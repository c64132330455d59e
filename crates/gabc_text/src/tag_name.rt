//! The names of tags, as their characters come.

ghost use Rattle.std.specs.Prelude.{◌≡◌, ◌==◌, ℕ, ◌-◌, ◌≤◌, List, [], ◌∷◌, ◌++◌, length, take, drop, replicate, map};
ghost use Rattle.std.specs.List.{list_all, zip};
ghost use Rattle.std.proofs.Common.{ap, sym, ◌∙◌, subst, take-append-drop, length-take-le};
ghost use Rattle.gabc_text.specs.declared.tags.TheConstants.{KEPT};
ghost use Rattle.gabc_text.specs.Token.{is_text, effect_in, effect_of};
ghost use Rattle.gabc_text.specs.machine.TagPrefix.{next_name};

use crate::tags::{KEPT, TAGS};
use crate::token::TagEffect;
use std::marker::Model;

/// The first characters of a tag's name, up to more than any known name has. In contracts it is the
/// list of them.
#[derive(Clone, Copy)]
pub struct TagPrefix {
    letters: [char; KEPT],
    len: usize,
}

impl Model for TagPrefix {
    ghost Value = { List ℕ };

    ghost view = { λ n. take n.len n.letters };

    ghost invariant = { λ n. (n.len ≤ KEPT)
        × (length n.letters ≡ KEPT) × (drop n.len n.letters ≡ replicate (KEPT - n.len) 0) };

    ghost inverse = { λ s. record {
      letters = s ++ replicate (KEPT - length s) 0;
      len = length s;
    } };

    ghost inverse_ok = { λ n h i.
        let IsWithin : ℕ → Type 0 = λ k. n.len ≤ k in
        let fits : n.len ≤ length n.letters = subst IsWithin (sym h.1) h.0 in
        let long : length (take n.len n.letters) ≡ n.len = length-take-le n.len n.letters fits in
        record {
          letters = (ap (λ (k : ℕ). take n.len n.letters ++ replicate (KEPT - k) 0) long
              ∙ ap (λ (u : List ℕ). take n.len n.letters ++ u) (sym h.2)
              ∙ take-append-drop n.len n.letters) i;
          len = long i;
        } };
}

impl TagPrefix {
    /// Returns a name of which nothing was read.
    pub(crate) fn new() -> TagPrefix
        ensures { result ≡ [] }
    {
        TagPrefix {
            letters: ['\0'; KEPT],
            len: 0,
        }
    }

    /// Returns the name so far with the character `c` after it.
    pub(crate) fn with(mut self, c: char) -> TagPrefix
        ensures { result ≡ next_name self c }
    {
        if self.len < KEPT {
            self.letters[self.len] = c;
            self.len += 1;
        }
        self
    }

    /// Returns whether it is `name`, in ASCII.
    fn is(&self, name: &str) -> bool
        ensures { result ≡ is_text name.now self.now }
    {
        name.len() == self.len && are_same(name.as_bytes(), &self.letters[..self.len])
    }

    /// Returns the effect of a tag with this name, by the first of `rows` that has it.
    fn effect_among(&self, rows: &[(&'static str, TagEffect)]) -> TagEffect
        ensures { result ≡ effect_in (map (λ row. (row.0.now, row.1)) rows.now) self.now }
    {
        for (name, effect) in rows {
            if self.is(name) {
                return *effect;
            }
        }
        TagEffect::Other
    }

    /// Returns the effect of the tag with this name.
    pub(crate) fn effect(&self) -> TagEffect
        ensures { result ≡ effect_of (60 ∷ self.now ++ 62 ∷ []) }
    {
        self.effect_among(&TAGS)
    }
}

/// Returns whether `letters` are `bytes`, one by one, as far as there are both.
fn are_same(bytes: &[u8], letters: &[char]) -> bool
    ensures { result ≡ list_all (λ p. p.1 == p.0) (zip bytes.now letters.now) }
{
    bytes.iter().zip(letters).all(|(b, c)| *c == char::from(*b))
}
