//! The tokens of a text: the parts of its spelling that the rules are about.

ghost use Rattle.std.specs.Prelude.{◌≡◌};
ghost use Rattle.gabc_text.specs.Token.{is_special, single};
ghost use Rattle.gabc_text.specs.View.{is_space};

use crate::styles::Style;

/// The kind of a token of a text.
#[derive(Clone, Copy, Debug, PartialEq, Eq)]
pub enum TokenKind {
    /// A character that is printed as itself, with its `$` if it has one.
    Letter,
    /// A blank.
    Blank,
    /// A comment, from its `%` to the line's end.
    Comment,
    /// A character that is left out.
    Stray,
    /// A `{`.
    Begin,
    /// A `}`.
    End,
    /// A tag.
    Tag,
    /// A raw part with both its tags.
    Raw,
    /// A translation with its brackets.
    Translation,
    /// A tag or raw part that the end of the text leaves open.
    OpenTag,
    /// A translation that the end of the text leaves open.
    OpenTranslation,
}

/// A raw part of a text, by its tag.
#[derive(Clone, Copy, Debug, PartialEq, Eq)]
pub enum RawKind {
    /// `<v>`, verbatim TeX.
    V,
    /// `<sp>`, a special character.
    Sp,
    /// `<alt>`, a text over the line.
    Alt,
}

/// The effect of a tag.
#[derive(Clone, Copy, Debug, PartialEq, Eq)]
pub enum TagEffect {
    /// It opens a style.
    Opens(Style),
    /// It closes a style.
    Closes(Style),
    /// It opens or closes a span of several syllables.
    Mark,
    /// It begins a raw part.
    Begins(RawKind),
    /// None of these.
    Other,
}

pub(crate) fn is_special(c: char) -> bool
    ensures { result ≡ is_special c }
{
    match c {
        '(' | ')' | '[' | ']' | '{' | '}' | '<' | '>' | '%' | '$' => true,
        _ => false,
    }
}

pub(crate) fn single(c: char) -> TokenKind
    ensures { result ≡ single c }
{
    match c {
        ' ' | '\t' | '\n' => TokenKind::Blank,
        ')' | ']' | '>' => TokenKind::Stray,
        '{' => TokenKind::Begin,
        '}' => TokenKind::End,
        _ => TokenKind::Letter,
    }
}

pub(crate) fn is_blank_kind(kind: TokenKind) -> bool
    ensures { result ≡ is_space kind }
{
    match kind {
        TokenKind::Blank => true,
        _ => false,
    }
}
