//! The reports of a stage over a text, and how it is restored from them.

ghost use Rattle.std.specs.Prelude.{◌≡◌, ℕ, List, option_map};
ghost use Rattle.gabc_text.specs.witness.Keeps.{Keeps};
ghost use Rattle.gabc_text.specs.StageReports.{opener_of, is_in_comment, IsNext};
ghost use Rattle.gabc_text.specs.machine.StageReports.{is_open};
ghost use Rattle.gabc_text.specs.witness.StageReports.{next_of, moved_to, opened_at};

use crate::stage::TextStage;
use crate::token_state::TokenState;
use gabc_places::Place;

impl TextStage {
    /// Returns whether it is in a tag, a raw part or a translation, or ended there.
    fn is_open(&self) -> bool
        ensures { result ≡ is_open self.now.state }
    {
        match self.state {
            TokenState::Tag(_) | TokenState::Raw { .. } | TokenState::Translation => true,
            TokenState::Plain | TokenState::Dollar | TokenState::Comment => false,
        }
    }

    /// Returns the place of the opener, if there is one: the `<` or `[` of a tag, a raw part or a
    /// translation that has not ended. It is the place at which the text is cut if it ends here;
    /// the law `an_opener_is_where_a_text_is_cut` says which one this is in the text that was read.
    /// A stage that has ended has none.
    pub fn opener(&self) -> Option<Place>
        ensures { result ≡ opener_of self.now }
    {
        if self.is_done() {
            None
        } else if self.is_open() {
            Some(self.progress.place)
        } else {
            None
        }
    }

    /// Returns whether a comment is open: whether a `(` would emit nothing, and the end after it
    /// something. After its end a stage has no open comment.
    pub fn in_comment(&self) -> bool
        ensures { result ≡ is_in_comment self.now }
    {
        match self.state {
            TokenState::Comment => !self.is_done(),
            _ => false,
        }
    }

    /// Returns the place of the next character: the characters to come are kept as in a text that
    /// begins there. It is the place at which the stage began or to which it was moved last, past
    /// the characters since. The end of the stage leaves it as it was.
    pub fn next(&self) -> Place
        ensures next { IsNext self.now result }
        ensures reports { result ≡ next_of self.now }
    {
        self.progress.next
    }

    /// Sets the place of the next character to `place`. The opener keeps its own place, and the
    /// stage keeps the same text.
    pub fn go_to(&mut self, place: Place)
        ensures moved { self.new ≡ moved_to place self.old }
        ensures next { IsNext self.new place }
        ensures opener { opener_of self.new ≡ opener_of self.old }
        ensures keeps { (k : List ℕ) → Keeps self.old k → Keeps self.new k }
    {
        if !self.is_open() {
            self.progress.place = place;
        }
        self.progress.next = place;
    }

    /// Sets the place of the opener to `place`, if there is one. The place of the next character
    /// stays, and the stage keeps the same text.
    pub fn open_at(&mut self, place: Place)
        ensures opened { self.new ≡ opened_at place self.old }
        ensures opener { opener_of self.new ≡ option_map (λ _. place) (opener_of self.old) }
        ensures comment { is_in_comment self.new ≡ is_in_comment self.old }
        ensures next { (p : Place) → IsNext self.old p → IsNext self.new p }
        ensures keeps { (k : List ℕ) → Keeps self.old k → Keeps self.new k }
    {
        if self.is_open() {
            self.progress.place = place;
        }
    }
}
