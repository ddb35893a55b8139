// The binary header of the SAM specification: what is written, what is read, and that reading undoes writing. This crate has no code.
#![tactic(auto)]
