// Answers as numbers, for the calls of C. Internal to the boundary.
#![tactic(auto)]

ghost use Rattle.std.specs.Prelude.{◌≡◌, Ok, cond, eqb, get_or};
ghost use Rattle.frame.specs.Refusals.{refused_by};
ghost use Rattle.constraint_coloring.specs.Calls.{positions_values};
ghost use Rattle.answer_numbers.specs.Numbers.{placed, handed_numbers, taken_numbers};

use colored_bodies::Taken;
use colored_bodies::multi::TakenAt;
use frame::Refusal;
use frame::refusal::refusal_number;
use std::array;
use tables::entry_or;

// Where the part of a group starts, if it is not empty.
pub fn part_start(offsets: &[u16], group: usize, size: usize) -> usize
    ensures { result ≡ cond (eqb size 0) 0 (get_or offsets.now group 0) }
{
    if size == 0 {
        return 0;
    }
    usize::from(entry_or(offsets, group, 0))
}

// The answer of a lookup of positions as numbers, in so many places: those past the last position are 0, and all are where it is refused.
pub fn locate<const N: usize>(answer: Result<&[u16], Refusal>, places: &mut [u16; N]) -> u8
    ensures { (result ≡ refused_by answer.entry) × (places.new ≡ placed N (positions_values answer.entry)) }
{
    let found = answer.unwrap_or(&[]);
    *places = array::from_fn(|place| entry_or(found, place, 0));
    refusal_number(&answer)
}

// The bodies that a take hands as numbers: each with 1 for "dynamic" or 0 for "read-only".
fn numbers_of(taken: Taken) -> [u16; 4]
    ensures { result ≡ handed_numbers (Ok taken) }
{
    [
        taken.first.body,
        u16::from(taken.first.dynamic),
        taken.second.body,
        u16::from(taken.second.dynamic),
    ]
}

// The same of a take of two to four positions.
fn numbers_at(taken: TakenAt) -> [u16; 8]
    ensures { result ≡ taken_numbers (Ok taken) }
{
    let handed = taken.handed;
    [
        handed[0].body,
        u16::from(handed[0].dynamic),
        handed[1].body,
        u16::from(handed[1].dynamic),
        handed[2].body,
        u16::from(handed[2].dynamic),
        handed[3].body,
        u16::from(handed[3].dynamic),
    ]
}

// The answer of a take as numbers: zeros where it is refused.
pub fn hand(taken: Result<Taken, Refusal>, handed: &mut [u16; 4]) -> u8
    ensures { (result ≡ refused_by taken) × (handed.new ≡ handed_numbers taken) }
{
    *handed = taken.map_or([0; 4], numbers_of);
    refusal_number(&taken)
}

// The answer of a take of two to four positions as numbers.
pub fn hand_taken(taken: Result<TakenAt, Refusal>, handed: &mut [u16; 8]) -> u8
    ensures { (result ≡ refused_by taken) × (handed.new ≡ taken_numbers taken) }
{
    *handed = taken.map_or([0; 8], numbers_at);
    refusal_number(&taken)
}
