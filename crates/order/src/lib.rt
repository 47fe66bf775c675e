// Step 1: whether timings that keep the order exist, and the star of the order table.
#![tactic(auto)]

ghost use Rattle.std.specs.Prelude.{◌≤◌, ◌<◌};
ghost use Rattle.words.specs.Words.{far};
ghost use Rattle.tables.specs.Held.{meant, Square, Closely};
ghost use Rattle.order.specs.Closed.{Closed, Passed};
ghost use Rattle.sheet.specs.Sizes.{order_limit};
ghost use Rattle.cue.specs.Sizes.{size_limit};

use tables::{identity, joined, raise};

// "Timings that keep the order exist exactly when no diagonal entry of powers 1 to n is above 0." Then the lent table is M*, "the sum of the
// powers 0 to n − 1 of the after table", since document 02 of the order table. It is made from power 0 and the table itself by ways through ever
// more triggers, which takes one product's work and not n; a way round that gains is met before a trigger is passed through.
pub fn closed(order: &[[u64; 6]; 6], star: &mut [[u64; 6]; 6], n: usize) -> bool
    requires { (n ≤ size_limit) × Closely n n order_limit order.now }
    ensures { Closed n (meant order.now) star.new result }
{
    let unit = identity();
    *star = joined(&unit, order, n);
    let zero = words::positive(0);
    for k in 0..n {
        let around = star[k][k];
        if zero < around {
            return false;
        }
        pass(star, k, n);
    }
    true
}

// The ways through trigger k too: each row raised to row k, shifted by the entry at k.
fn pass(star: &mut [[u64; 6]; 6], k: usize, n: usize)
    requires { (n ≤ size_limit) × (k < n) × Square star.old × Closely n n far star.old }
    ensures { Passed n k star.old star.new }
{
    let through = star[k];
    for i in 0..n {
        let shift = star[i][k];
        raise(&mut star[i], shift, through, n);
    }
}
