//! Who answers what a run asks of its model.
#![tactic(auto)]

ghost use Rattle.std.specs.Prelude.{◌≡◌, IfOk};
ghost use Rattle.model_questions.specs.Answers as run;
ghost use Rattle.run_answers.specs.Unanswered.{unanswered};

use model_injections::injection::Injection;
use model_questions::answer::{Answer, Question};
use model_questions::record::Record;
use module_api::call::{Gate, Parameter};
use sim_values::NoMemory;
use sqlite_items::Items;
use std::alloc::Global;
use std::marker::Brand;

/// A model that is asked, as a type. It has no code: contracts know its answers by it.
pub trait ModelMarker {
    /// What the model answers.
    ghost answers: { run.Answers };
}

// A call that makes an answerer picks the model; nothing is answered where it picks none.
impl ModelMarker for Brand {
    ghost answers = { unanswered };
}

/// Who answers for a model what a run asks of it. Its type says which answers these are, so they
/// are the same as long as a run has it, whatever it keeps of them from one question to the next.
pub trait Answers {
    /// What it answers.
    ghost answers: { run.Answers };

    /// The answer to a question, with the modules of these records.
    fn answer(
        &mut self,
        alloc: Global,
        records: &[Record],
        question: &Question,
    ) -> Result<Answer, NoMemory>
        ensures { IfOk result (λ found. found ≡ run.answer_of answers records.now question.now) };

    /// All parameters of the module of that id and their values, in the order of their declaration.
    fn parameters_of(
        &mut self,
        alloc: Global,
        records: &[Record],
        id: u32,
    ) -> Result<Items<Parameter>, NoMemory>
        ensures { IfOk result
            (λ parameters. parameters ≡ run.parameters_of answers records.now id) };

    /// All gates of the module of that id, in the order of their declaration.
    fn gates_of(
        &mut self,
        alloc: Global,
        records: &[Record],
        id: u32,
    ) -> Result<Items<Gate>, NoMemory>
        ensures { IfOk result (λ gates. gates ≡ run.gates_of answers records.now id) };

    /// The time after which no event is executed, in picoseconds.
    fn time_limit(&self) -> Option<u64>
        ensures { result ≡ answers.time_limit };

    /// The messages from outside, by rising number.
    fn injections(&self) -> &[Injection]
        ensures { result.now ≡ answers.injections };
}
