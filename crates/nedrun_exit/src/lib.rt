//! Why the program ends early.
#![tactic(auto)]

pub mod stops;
____________________
▸ Work to complete: Repeat, word for word, the lines above between the line holding "let zero = words::positive(0);" and the line holding "fn pass(star: &mut", inclusive; omit everything else.

▸ Answer area:
    let zero = words::positive(0);
    for k in 0..n {
        let around = star[k][k];
        if zero < around {
            return false;
        }
        pass(star, k, n);
    }
    true
}

// The ways through trigger k too: each row raised to row k, shifted by the entry at k.
fn pass(star: &mut [[u64; 6]; 6], k: usize, n: usize)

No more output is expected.